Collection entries

━━━━━━━━━━━━━━━━━━━━

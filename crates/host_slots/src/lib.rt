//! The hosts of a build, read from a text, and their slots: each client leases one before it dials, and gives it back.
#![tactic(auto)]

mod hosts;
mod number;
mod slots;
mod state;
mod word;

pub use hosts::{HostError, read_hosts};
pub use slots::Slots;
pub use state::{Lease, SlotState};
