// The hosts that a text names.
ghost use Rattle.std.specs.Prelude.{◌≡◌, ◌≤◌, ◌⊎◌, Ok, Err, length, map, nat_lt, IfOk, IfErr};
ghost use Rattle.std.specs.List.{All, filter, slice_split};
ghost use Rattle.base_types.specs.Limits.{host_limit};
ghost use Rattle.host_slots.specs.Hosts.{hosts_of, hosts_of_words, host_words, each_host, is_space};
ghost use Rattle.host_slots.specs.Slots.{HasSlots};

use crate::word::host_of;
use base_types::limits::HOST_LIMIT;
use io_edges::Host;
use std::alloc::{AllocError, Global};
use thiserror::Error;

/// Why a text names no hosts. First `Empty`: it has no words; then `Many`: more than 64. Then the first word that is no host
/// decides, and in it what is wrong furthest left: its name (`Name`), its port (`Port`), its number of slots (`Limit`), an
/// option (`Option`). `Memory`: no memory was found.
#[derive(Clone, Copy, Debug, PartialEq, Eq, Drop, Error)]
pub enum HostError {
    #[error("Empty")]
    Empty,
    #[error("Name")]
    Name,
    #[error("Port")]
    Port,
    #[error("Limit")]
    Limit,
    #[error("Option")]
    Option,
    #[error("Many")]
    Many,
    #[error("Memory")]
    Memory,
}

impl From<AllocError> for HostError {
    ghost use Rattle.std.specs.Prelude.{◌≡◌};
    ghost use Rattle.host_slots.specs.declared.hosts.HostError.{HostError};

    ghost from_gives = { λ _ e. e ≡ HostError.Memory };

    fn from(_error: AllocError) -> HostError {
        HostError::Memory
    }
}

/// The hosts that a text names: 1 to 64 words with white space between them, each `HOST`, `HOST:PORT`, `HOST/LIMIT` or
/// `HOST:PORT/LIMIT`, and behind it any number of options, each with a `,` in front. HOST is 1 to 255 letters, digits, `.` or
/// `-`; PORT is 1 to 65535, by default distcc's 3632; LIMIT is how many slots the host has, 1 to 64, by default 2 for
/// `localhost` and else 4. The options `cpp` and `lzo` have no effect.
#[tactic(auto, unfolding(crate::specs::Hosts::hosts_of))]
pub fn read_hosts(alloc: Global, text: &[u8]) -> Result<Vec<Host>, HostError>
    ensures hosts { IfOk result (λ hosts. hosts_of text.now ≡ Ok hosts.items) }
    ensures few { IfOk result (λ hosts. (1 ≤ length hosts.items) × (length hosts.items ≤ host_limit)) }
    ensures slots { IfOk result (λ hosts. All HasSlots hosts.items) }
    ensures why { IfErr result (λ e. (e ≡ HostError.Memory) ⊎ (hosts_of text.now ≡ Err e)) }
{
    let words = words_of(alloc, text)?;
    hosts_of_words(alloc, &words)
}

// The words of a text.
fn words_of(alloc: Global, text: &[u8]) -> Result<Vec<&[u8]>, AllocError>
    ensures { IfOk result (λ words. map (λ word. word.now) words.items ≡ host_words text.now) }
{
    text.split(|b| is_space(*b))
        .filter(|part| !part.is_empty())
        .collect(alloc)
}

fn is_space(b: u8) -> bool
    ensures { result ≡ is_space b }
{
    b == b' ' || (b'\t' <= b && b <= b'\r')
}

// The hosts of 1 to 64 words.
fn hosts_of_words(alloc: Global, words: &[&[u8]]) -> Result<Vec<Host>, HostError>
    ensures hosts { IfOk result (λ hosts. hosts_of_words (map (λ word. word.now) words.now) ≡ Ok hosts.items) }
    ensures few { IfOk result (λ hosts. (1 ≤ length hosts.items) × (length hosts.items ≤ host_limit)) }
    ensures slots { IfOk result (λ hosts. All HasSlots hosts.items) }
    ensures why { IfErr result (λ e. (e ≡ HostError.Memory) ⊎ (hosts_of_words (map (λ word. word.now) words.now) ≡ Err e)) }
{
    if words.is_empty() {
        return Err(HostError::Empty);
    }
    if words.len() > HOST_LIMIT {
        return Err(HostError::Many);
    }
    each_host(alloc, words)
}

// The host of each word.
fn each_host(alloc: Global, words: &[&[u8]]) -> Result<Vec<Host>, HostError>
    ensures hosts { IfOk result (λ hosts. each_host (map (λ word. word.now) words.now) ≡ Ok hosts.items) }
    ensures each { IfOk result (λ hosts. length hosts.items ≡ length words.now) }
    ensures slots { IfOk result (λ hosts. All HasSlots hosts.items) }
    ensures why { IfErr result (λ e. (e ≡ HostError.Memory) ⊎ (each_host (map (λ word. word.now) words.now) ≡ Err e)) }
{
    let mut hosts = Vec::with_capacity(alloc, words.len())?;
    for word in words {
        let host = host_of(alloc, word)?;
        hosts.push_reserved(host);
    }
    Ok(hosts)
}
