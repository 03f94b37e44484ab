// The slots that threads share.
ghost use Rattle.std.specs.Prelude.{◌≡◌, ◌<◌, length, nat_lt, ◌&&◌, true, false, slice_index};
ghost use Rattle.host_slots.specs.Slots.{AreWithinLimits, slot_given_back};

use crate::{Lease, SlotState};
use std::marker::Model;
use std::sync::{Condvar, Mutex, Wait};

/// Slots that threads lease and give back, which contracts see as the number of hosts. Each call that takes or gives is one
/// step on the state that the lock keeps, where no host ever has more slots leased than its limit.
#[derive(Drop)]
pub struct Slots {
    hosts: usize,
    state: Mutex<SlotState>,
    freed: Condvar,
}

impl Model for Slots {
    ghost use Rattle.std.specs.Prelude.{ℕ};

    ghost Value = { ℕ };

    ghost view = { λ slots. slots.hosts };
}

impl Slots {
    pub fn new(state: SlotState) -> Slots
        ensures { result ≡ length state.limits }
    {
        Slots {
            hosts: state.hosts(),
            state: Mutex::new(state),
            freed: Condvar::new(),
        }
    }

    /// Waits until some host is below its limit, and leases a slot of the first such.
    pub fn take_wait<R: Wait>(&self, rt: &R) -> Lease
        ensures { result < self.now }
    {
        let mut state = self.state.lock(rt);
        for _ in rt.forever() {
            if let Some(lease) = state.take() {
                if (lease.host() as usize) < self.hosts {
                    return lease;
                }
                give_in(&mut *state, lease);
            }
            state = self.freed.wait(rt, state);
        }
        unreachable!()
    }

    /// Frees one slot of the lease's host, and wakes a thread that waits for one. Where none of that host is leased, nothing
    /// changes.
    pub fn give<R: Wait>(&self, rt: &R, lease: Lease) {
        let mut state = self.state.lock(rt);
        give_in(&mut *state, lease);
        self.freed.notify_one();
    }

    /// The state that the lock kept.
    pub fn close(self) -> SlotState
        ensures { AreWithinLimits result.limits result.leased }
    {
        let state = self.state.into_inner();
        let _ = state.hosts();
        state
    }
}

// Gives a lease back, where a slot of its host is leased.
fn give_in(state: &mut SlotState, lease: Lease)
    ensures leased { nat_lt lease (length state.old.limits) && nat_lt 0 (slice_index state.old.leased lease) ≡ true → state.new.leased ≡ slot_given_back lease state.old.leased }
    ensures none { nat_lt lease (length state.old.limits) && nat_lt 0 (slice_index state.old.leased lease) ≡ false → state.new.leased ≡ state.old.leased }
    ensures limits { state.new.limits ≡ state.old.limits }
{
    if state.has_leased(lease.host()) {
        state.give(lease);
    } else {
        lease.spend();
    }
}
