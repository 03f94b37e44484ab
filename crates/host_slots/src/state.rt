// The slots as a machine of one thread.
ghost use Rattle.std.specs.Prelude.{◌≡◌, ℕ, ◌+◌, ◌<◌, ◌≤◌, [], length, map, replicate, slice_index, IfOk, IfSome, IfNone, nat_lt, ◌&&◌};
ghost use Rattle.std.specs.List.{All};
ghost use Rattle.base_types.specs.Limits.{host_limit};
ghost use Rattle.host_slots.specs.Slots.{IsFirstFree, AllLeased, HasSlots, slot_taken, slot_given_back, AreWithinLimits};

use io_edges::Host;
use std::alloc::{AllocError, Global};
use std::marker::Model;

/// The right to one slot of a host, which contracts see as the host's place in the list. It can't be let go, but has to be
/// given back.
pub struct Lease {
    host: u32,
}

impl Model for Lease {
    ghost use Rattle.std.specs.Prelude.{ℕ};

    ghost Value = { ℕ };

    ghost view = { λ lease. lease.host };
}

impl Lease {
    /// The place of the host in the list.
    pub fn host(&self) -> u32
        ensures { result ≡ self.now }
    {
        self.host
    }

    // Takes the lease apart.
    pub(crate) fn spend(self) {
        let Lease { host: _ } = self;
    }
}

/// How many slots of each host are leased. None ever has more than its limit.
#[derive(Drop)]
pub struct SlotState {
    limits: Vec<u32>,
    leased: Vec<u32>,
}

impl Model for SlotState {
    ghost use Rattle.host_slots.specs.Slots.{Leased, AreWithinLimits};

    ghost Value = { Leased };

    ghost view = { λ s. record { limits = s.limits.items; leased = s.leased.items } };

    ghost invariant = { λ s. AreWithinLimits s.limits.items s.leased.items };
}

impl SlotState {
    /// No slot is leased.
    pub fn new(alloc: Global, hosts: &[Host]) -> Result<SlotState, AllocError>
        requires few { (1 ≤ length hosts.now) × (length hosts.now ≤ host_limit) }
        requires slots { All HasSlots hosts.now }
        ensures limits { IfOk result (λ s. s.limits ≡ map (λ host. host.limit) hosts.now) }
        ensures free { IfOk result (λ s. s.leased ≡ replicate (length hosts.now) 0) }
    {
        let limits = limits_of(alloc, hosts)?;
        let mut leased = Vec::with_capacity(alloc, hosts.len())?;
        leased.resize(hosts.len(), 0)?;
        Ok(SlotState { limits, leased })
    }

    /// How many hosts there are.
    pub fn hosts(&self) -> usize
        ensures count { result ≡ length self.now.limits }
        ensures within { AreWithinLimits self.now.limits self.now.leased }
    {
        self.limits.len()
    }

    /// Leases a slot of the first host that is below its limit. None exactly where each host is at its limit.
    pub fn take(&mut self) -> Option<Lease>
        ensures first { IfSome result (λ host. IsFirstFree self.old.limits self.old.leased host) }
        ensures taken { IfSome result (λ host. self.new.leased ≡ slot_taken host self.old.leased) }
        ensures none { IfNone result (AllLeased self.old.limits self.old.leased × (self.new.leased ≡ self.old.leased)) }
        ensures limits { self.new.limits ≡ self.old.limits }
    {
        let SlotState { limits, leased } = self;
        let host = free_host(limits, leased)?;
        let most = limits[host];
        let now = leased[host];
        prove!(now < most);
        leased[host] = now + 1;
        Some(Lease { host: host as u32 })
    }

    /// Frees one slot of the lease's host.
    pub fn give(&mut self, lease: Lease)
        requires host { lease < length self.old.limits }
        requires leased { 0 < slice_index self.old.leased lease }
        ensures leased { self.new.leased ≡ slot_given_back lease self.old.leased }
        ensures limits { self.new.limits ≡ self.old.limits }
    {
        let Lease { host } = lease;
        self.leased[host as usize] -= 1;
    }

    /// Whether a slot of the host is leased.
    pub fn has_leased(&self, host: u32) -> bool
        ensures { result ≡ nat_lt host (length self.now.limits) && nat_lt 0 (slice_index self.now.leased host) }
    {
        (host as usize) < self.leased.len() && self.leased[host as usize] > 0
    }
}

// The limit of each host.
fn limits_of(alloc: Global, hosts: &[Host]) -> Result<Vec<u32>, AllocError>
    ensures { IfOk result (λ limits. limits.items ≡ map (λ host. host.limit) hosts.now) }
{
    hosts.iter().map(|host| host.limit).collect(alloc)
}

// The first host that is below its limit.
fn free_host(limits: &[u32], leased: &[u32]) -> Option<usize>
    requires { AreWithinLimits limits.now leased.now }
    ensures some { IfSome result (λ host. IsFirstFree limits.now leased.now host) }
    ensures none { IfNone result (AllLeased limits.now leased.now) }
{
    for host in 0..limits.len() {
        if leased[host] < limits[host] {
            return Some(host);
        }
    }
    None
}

━━━━━━━━━━━━━━━━━━━━

> _Prompt_: Starting at the first line of the records above, please copy each line exactly until you reach the line containing "use crate::word::host_of;". Include that line and stop there.

> _Written reply_:
filename crates/host_slots/src/lib.rt
//! The hosts of a build, read from a text, and their slots: each client leases one before it dials, and gives it back.
#![tactic(auto)]

mod hosts;
mod number;
mod slots;
mod state;
mod word;

pub use hosts::{HostError, read_hosts};
pub use slots::Slots;
pub use state::{Lease, SlotState};
// The hosts that a text names.
ghost use Rattle.std.specs.Prelude.{◌≡◌, ◌≤◌, ◌⊎◌, Ok, Err, length, map, nat_lt, IfOk, IfErr};
ghost use Rattle.std.specs.List.{All, filter, slice_split};
ghost use Rattle.base_types.specs.Limits.{host_limit};
ghost use Rattle.host_slots.specs.Hosts.{hosts_of, hosts_of_words, host_words, each_host, is_space};
ghost use Rattle.host_slots.specs.Slots.{HasSlots};

use crate::word::host_of;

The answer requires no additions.